Task requirements: The answer must be the full set of records, repeated exactly.

[Stored items]
•••••
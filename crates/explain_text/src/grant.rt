// The lines of a grant.
ghost use Rattle.std.specs.Prelude.{◌≡◌, ◌++◌, List, ℕ, IfOk, OnOk, OnErr, codes, map, string_bytes};
ghost use Rattle.der_core.specs.AttributeView.{attribute_view};
ghost use Rattle.constraint_meet.specs.Grants.{Members};
ghost use Rattle.report_text.specs.Dotted.{dotted_of};
ghost use Rattle.explain_text.specs.Granted.{sources_of};
ghost use Rattle.explain_text.specs.GrantText.{AreKindLines, AreLinesOf, AreTypeLines, IsGrantText, IsKindLine};
ghost use Rattle.explain_text.specs.Kept.{AscendByKind};
ghost use Rattle.explain_text.specs.Ordered.{Adds, AreTexts};

use crate::group::group_of;
use crate::member::{Member, members_of};
use crate::memo::Memo;
use crate::sources::{constrained_by, in_order, kinds_of};
use crate::types::own_types;
use constraint_meet::{ANY_CONTENT, Grant};
use der_core::{Attr, Oid};
use report_text::push_oid;
use std::alloc::{AllocError, Global};

// The line of each of these types of attributes, among attributes in order.
fn push_each_kind<'a>(
    alloc: Global,
    text: &mut String,
    memo: &mut Memo<'a>,
    attributes: &[Attr<'a>],
    kinds: &[Oid],
) -> Result<(), AllocError>
    requires ordered { AscendByKind attributes.now }
    ensures ok { OnOk result (Adds (AreTexts (IsKindLine (map attribute_view attributes.now)) kinds.now)
        (string_bytes text.old) (string_bytes text.new)) }
{
    for kind in kinds {
        memo.push_kind(alloc, text, kind, group_of(attributes, kind.octets()))?;
    }
    Ok(())
}

// The lines of all types of these attributes.
fn push_kinds<'a>(
    alloc: Global,
    text: &mut String,
    memo: &mut Memo<'a>,
    attributes: Vec<Attr<'a>>,
) -> Result<(), AllocError>
    ensures ok { OnOk result (Adds (AreKindLines (map attribute_view attributes.entry.items))
        (string_bytes text.old) (string_bytes text.new)) }
{
    let attributes = in_order(attributes);
    let kinds = kinds_of(alloc, &attributes)?;
    push_each_kind(alloc, text, memo, &attributes, &kinds)
}

// A word with the space behind it, a name, and the end of the line.
fn push_named(text: &mut String, word: &str, name: &str) -> Result<(), AllocError>
    ensures ok { OnOk result (string_bytes text.new
        ≡ string_bytes text.old ++ (word.now ++ (name.now ++ codes "\n"))) }
{
    text.push_str(word)?;
    text.push_str(name)?;
    text.push('\n')
}

// The lines of a content type under this name.
fn push_type<'a>(
    alloc: Global,
    text: &mut String,
    memo: &mut Memo<'a>,
    members: &[Member<'a>],
    content: &[u8],
    name: &str,
) -> Result<(), AllocError>
    ensures ok { OnOk result (Adds (AreTypeLines name.now (sources_of content.now members.now))
        (string_bytes text.old) (string_bytes text.new)) }
{
    match constrained_by(alloc, members, content)? {
        Some(attributes) => {
            push_named(text, "allow ", name)?;
            memo.turn_to(alloc, members, content)?;
            push_kinds(alloc, text, memo, attributes)
        }
        None => push_named(text, "deny ", name),
    }
}

// The lines of a content type that is named.
fn push_own_type<'a>(
    alloc: Global,
    text: &mut String,
    memo: &mut Memo<'a>,
    members: &[Member<'a>],
    content: &Oid,
) -> Result<(), AllocError>
    ensures ok { OnOk result (Adds (AreLinesOf members.now content.now)
        (string_bytes text.old) (string_bytes text.new)) }
{
    let mut name = String::new(alloc);
    push_oid(alloc, &mut name, content)?;
    push_type(alloc, text, memo, members, content.octets(), &name)
}

// Those of each of these content types.
fn push_types<'a>(
    alloc: Global,
    text: &mut String,
    memo: &mut Memo<'a>,
    members: &[Member<'a>],
    types: &[Oid],
) -> Result<(), AllocError>
    ensures ok { OnOk result (Adds (AreTexts (AreLinesOf members.now) types.now)
        (string_bytes text.old) (string_bytes text.new)) }
{
    for content in types {
        push_own_type(alloc, text, memo, members, content)?;
    }
    Ok(())
}

// The lines, as a text of their own.
fn text_of(alloc: Global, grant: &Grant<'_>) -> Result<String, AllocError>
    ensures text { IfOk result (λ text. IsGrantText grant.now (string_bytes text)) }
{
    let members = members_of(alloc, grant)?;
    let types = own_types(alloc, &members)?;
    let mut memo = Memo::new(alloc, &members)?;
    let mut text = String::new(alloc);
    push_types(alloc, &mut text, &mut memo, &members, &types)?;
    push_type(alloc, &mut text, &mut memo, &members, &ANY_CONTENT, "other")?;
    Ok(text)
}

/// Appends the lines of what a grant lets through. For each content type that one of its members
/// names but anyContentType, ascending by its octets: `allow` or `deny`, and after an `allow` a line
/// for each type of attributes that the deciding entries constrain, with those listed values that
/// each of them covers, both ascending by their octets. Then the same for every other content type.
/// For want of memory the list stays as it was.
pub fn put_grant(alloc: Global, out: &mut Vec<u8>, grant: &Grant<'_>) -> Result<(), AllocError>
    ensures ok { OnOk result (Adds (IsGrantText grant.now) out.old.items out.new.items) }
    ensures err { OnErr result (out.new.items ≡ out.old.items) }
{
    let text = text_of(alloc, grant)?;
    out.extend_from_slice(text.as_bytes())
}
•••••
Response to the task:
filename crates/explain_text/src/grant.rt
// The lines of a grant.
ghost use Rattle.std.specs.Prelude.{◌≡◌, ◌++◌, List, ℕ, IfOk, OnOk, OnErr, codes, map, string_bytes};
ghost use Rattle.der_core.specs.AttributeView.{attribute_view};
ghost use Rattle.constraint_meet.specs.Grants.{Members};
ghost use Rattle.report_text.specs.Dotted.{dotted_of};
ghost use Rattle.explain_text.specs.Granted.{sources_of};
ghost use Rattle.explain_text.specs.GrantText.{AreKindLines, AreLinesOf, AreTypeLines, IsGrantText, IsKindLine};
ghost use Rattle.explain_text.specs.Kept.{AscendByKind};
ghost use Rattle.explain_text.specs.Ordered.{Adds, AreTexts};

use crate::group::group_of;
use crate::member::{Member, members_of};
use crate::memo::Memo;
use crate::sources::{constrained_by, in_order, kinds_of};
use crate::types::own_types;
use constraint_meet::{ANY_CONTENT, Grant};
use der_core::{Attr, Oid};
use report_text::push_oid;
use std::alloc::{AllocError, Global};

// The line of each of these types of attributes, among attributes in order.
fn push_each_kind<'a>(
    alloc: Global,
    text: &mut String,
    memo: &mut Memo<'a>,
    attributes: &[Attr<'a>],
    kinds: &[Oid],
) -> Result<(), AllocError>
    requires ordered { AscendByKind attributes.now }
    ensures ok { OnOk result (Adds (AreTexts (IsKindLine (map attribute_view attributes.now)) kinds.now)
        (string_bytes text.old) (string_bytes text.new)) }
{
    for kind in kinds {
        memo.push_kind(alloc, text, kind, group_of(attributes, kind.octets()))?;
    }
    Ok(())
}

// The lines of all types of these attributes.
fn push_kinds<'a>(
    alloc: Global,
    text: &mut String,
    memo: &mut Memo<'a>,
    attributes: Vec<Attr<'a>>,
) -> Result<(), AllocError>
    ensures ok { OnOk result (Adds (AreKindLines (map attribute_view attributes.entry.items))
        (string_bytes text.old) (string_bytes text.new)) }
{
    let attributes = in_order(attributes);
    let kinds = kinds_of(alloc, &attributes)?;
    push_each_kind(alloc, text, memo, &attributes, &kinds)
}

// A word with the space behind it, a name, and the end of the line.
fn push_named(text: &mut String, word: &str, name: &str) -> Result<(), AllocError>
    ensures ok { OnOk result (string_bytes text.new
        ≡ string_bytes text.old ++ (word.now ++ (name.now ++ codes "\n"))) }
{
    text.push_str(word)?;
    text.push_str(name)?;
    text.push('\n')
}

// The lines of a content type under this name.
fn push_type<'a>(
    alloc: Global,
    text: &mut String,
    memo: &mut Memo<'a>,
    members: &[Member<'a>],
    content: &[u8],
    name: &str,
) -> Result<(), AllocError>
    ensures ok { OnOk result (Adds (AreTypeLines name.now (sources_of content.now members.now))
        (string_bytes text.old) (string_bytes text.new)) }
{
    match constrained_by(alloc, members, content)? {
        Some(attributes) => {
            push_named(text, "allow ", name)?;
            memo.turn_to(alloc, members, content)?;
            push_kinds(alloc, text, memo, attributes)
        }
        None => push_named(text, "deny ", name),
    }
}

// The lines of a content type that is named.
fn push_own_type<'a>(
    alloc: Global,
    text: &mut String,
    memo: &mut Memo<'a>,
    members: &[Member<'a>],
    content: &Oid,
) -> Result<(), AllocError>
    ensures ok { OnOk result (Adds (AreLinesOf members.now content.now)
        (string_bytes text.old) (string_bytes text.new)) }
{
    let mut name = String::new(alloc);
    push_oid(alloc, &mut name, content)?;
    push_type(alloc, text, memo, members, content.octets(), &name)
}

// Those of each of these content types.
fn push_types<'a>(
    alloc: Global,
    text: &mut String,
    memo: &mut Memo<'a>,
    members: &[Member<'a>],
    types: &[Oid],
) -> Result<(), AllocError>
    ensures ok { OnOk result (Adds (AreTexts (AreLinesOf members.now) types.now)
        (string_bytes text.old) (string_bytes text.new)) }
{
    for content in types {
        push_own_type(alloc, text, memo, members, content)?;
    }
    Ok(())
}

// The lines, as a text of their own.
fn text_of(alloc: Global, grant: &Grant<'_>) -> Result<String, AllocError>
    ensures text { IfOk result (λ text. IsGrantText grant.now (string_bytes text)) }
{
    let members = members_of(alloc, grant)?;
    let types = own_types(alloc, &members)?;
    let mut memo = Memo::new(alloc, &members)?;
    let mut text = String::new(alloc);
    push_types(alloc, &mut text, &mut memo, &members, &types)?;
    push_type(alloc, &mut text, &mut memo, &members, &ANY_CONTENT, "other")?;
    Ok(text)
}

/// Appends the lines of what a grant lets through. For each content type that one of its members
/// names but anyContentType, ascending by its octets: `allow` or `deny`, and after an `allow` a line
/// for each type of attributes that the deciding entries constrain, with those listed values that
/// each of them covers, both ascending by their octets. Then the same for every other content type.
/// For want of memory the list stays as it was.
pub fn put_grant(alloc: Global, out: &mut Vec<u8>, grant: &Grant<'_>) -> Result<(), AllocError>
    ensures ok { OnOk result (Adds (IsGrantText grant.now) out.old.items out.new.items) }
    ensures err { OnErr result (out.new.items ≡ out.old.items) }
{
    let text = text_of(alloc, grant)?;
    out.extend_from_slice(text.as_bytes())
}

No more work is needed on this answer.